In memoriam (1)

J’ai appris, il y a quelques jours, le décès de Colette ma cousine. Elle avait 87 ans et résidait depuis plusieurs années dans un EPHAD à 50 m à vol d’oiseau de la maison de sa fille, dans une petite ville près de Metz.
Pendant une quarantaine d’années, elle avait habité avec son compagnon dans un pavillon cossu d’un paisible village mosellan. Ce nid douillet, elle dû le quitter après le décès de son compagnon, ne reconnaissant plus personne depuis plusieurs années, m’a dit sa fille.
Colette, c’est une page de mon histoire qui se tourne…
Sa maman (ma tante) avait été, comme on disait à l’époque, « fille mère » et avait épousé un veuf qui avait 2 enfants avec qui elle avait eu 10 enfants.
Colette, dans ce petit monde confiné, s’était très attachée à sa tante, ma maman Madeleine à qui elle disait « Tu es comme ma mère ».
Elle ne manquait pas la moindre occasion de venir à la maison puis qu’alors nous habitions la même petite ville.
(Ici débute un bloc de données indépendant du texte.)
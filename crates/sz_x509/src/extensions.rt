//! The reader of a certificate's extensions (RFC 5280 section 4.2).

ghost use Rattle.std.specs.Prelude.{◌≡◌, ◌<◌, None, Some, List, [], true, false, length, IfOk, IfErr, OnErr, OnOk};
ghost use Rattle.sz_der.specs.Spots.{after, after_optional, at, content_at, inside, Spot, spot_of, spots_from};
ghost use Rattle.sz_x509.specs.CertFault.{basic_constraints_fault, each_fault, extension_fault, extensions_fault, flag_at, identifier_at, key_identifier_fault, key_usage_fault, path_length_fault, path_length_spot, stands_among, value_fault, value_spot};
ghost use Rattle.sz_x509.specs.CertPlaces.{Adds, BeginsExtension, extension_spots, LeadHere, path_length_at, RestrictedAt, UsageAt};
ghost use Rattle.sz_x509.specs.Extensions.{is_known, most_extensions};
ghost use Rattle.sz_x509.specs.View.{extensions_of};

use crate::identifier::{
    AUTHORITY_KEY_IDENTIFIER, BASIC_CONSTRAINTS, CERTIFICATE_POLICIES, EXTENDED_KEY_USAGE,
    KEY_USAGE, SUBJECT_ALT_NAME, SUBJECT_KEY_IDENTIFIER,
};
use crate::parts::take_flag;
use crate::tag::EXTENSIONS;
use crate::{CertFault, CertKind};
use sz_der::parts::{
    expect_end, is_next, octets_fit, open_part, part_fault, parts_of, take_item, take_part,
};
use sz_der::tag::{BIT_STRING, INTEGER, OBJECT_IDENTIFIER, OCTET_STRING, SEQUENCE};
use sz_der::{DerReader, integer_u32, named_bits};

// How many extensions a certificate may have: each is compared with all before it.
const MOST_EXTENSIONS: usize = 32;

/// What extensions restrict a certificate to.
#[derive(Clone, Copy)]
pub(crate) struct Restrictions<'a> {
    /// The subject may issue certificates.
    pub(crate) ca: bool,
    /// How many certificates that are not self-issued may stand below.
    pub(crate) path_len: Option<u32>,
    /// What the key may be used for, bit k as 2^k.
    pub(crate) usage: Option<u16>,
    /// The subject's key identifier.
    pub(crate) key_id: Option<&'a [u8]>,
}

/// Without extensions.
const UNRESTRICTED: Restrictions<'static> = Restrictions {
    ca: false,
    path_len: None,
    usage: None,
    key_id: None,
};

/// Takes `[3]` and the extensions in it, where it is there.
pub(crate) fn take_extensions<'a>(reader: &mut DerReader<'a>) -> Result<Restrictions<'a>, CertFault>
    ensures ok { OnOk result (extensions_fault (spot_of reader.old) ≡ None) }
    ensures restricted { IfOk result (λ found.
        RestrictedAt (extension_spots (spot_of reader.old)) (extensions_of found)) }
    ensures next { OnOk result (spot_of reader.new ≡ after_optional EXTENSIONS (spot_of reader.old)) }
    ensures fault { IfErr result (λ fault. extensions_fault (spot_of reader.old) ≡ Some (at fault)) }
{
    if !is_next(reader, EXTENSIONS) {
        return Ok(UNRESTRICTED);
    }
    let item = take_item(reader)?;
    let mut field = parts_of(&item);
    let extensions = open_part(&mut field, SEQUENCE, CertKind::Der)?;
    let restrictions = read_extensions(&extensions)?;
    expect_end(&field, CertKind::Der)?;
    Ok(restrictions)
}

// Reads all extensions.
fn read_extensions<'a>(all: &DerReader<'a>) -> Result<Restrictions<'a>, CertFault>
    ensures ok { OnOk result (each_fault [] (spots_from (spot_of all.now)) ≡ None) }
    ensures restricted { IfOk result (λ found. RestrictedAt (spots_from (spot_of all.now)) (extensions_of found)) }
    ensures fault { IfErr result (λ fault. each_fault [] (spots_from (spot_of all.now)) ≡ Some (at fault)) }
{
    let mut reader = *all;
    let mut restrictions = UNRESTRICTED;
    let mut before = 0;
    while !reader.is_at_end() {
        restrictions = take_extension(&mut reader, all, before, restrictions)?;
        before += 1;
    }
    Ok(restrictions)
}

// Takes the next extension, after so many that stand before it, and adds what it says.
fn take_extension<'a>(
    reader: &mut DerReader<'a>,
    all: &DerReader<'a>,
    before: usize,
    restrictions: Restrictions<'a>,
) -> Result<Restrictions<'a>, CertFault>
    ensures ok { (earlier : List Spot) → LeadHere (spot_of all.now) earlier (spot_of reader.old)
        → length earlier ≡ before → OnOk result (extension_fault earlier (spot_of reader.old) ≡ None) }
    ensures few { OnOk result (before < most_extensions) }
    ensures adds { let spot = spot_of reader.old in IfOk result (λ found. Adds (identifier_at spot)
        (inside (value_spot spot)) (extensions_of restrictions.entry) (extensions_of found)) }
    ensures next { OnOk result (spot_of reader.new ≡ after (spot_of reader.old)) }
    ensures shorter { OnOk result (length reader.new.left.now < length reader.old.left.now) }
    ensures fault { (earlier : List Spot) → LeadHere (spot_of all.now) earlier (spot_of reader.old)
        → length earlier ≡ before
        → IfErr result (λ fault. extension_fault earlier (spot_of reader.old) ≡ Some (at fault)) }
{
    let here = *reader;
    let extension = take_part(reader, SEQUENCE, CertKind::Der)?;
    if before >= MOST_EXTENSIONS {
        return Err(part_fault(&extension, CertKind::Extension));
    }
    let mut parts = parts_of(&extension);
    let identifier = take_part(&mut parts, OBJECT_IDENTIFIER, CertKind::Der)?.content;
    if stands_before(all, &here, identifier) {
        return Err(part_fault(&extension, CertKind::Extension));
    }
    if take_flag(&mut parts)? && !is_known(identifier) {
        return Err(part_fault(&extension, CertKind::Extension));
    }
    let value = open_part(&mut parts, OCTET_STRING, CertKind::Der)?;
    expect_end(&parts, CertKind::Der)?;
    read_value(identifier, &value, restrictions)
}

// One of the extensions from the first one up to here has the identifier.
fn stands_before(all: &DerReader<'_>, here: &DerReader<'_>, identifier: &[u8]) -> bool
    ensures { (earlier : List Spot) → LeadHere (spot_of all.now) earlier (spot_of here.now)
        → result ≡ stands_among earlier identifier.now }
{
    let mut reader = *all;
    while reader.left.len() > here.left.len() {
        match take_identifier(&mut reader) {
            Ok(other) if other == identifier => return true,
            Ok(_) => {}
            Err(_) => return false,
        }
    }
    false
}

// Takes the next extension, and answers its identifier.
fn take_identifier<'a>(reader: &mut DerReader<'a>) -> Result<&'a [u8], CertFault>
    ensures identifier { IfOk result (λ found. found.now ≡ identifier_at (spot_of reader.old)) }
    ensures next { OnOk result (spot_of reader.new ≡ after (spot_of reader.old)) }
    ensures shorter { OnOk result (length reader.new.left.now < length reader.old.left.now) }
    ensures err { OnErr result (¬ BeginsExtension (spot_of reader.old)) }
{
    let mut parts = open_part(reader, SEQUENCE, CertKind::Der)?;
    let identifier = take_part(&mut parts, OBJECT_IDENTIFIER, CertKind::Der)?;
    Ok(identifier.content)
}

// The identifier is that of an extension that is known (RFC 5280 section 4.2.1).
fn is_known(identifier: &[u8]) -> bool
    ensures { result ≡ is_known identifier.now }
{
    identifier == BASIC_CONSTRAINTS.as_slice()
        || identifier == KEY_USAGE.as_slice()
        || identifier == SUBJECT_KEY_IDENTIFIER.as_slice()
        || identifier == AUTHORITY_KEY_IDENTIFIER.as_slice()
        || identifier == EXTENDED_KEY_USAGE.as_slice()
        || identifier == SUBJECT_ALT_NAME.as_slice()
        || identifier == CERTIFICATE_POLICIES.as_slice()
}

// Reads the value of an extension where its identifier is one that restricts, and adds what it says.
fn read_value<'a>(
    identifier: &[u8],
    value: &DerReader<'a>,
    restrictions: Restrictions<'a>,
) -> Result<Restrictions<'a>, CertFault>
    ensures ok { OnOk result (value_fault identifier.now (spot_of value.now) ≡ None) }
    ensures adds { IfOk result (λ found. Adds identifier.now (spot_of value.now)
        (extensions_of restrictions.entry) (extensions_of found)) }
    ensures fault { IfErr result (λ fault. value_fault identifier.now (spot_of value.now) ≡ Some (at fault)) }
{
    let mut found = restrictions;
    if identifier == BASIC_CONSTRAINTS.as_slice() {
        let (ca, path_len) = read_basic_constraints(value)?;
        found.ca = ca;
        found.path_len = path_len;
    } else if identifier == KEY_USAGE.as_slice() {
        found.usage = Some(read_key_usage(value)?);
    } else if identifier == SUBJECT_KEY_IDENTIFIER.as_slice() {
        found.key_id = Some(read_key_identifier(value)?);
    }
    Ok(found)
}

// BasicConstraints (RFC 5280 section 4.2.1.9), and nothing more.
fn read_basic_constraints(value: &DerReader<'_>) -> Result<(bool, Option<u32>), CertFault>
    ensures ok { OnOk result (basic_constraints_fault (spot_of value.now) ≡ None) }
    ensures ca { IfOk result (λ found. found.0 ≡ flag_at (inside (spot_of value.now))) }
    ensures path_len { IfOk result (λ found. found.1 ≡ path_length_at (path_length_spot (spot_of value.now))) }
    ensures fault { IfErr result (λ fault. basic_constraints_fault (spot_of value.now) ≡ Some (at fault)) }
{
    let mut items = *value;
    let mut parts = open_part(&mut items, SEQUENCE, CertKind::Der)?;
    let ca = take_flag(&mut parts)?;
    let path_len = take_path_length(&mut parts)?;
    expect_end(&parts, CertKind::Der)?;
    expect_end(&items, CertKind::Der)?;
    Ok((ca, path_len))
}

// Takes an INTEGER where one is next, as a path length of 32 bits.
fn take_path_length(reader: &mut DerReader<'_>) -> Result<Option<u32>, CertFault>
    ensures ok { OnOk result (path_length_fault (spot_of reader.old) ≡ None) }
    ensures path_len { IfOk result (λ found. found ≡ path_length_at (spot_of reader.old)) }
    ensures next { OnOk result (spot_of reader.new ≡ after_optional INTEGER (spot_of reader.old)) }
    ensures fault { IfErr result (λ fault. path_length_fault (spot_of reader.old) ≡ Some (at fault)) }
{
    if !is_next(reader, INTEGER) {
        return Ok(None);
    }
    let item = take_item(reader)?;
    octets_fit(item.content);
    match integer_u32(&item) {
        Ok(Some(path_len)) => Ok(Some(path_len)),
        Ok(None) => Err(part_fault(&item, CertKind::Extension)),
        Err(_) => Err(part_fault(&item, CertKind::Der)),
    }
}

// KeyUsage (RFC 5280 section 4.2.1.3), and nothing more.
fn read_key_usage(value: &DerReader<'_>) -> Result<u16, CertFault>
    ensures ok { OnOk result (key_usage_fault (spot_of value.now) ≡ None) }
    ensures usage { IfOk result (λ usage. UsageAt (Some (spot_of value.now)) (Some usage)) }
    ensures fault { IfErr result (λ fault. key_usage_fault (spot_of value.now) ≡ Some (at fault)) }
{
    let mut items = *value;
    let item = take_part(&mut items, BIT_STRING, CertKind::Der)?;
    let Ok(usage) = named_bits(&item) else {
        return Err(part_fault(&item, CertKind::Der));
    };
    expect_end(&items, CertKind::Der)?;
    Ok(usage)
}

// SubjectKeyIdentifier (RFC 5280 section 4.2.1.2), and nothing more.
fn read_key_identifier<'a>(value: &DerReader<'a>) -> Result<&'a [u8], CertFault>
    ensures ok { OnOk result (key_identifier_fault (spot_of value.now) ≡ None) }
    ensures key_id { IfOk result (λ octets. octets.now ≡ content_at (spot_of value.now)) }
    ensures fault { IfErr result (λ fault. key_identifier_fault (spot_of value.now) ≡ Some (at fault)) }
{
    let mut items = *value;
    let item = take_part(&mut items, OCTET_STRING, CertKind::Der)?;
    expect_end(&items, CertKind::Der)?;
    Ok(item.content)
}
À la nouvelle de son décès, des pans de souvenirs me sont revenus en mémoire : je me revois en poussette, traîné par elle en 1944 pour aller chercher du lait à la ferme, regardant le ciel avec inquiétude… car à cette époque, des vagues d’avions alliés sillonnaient souvent le ciel où nous habitions alors pour aller bombarder l’Allemagne nazie.
À leur approche (parfois des centaines d’appareils), les sirènes hurlaient, signifiant que nous devions nous réfugier dans des abris répertoriés et prévus à l’avance pour la population. Le nôtre était la grande cave voûtée de nos voisins, pouvant accueillir une douzaine de personnes avec lesquels nous restions confinées (confinement de l’époque déjà), jusqu’ à ce que les sirènes, à nouveau, nous indiquent la fin de l’alerte.
Nous pouvions alors retourner chez nous et découvrir parfois de mauvaises surprises… comme le cratère creusé par une bombe dans notre jardin ou l’éclat d’obus qui détruit la porte de notre armoire.
Cette cousine, j’y reviendrai dans doute, a laissé tous ses biens matériels. Que reste-t-il maintenant de sa vie ? Que restera-t-il de mon passage sur la terre ?

A SUIVRE…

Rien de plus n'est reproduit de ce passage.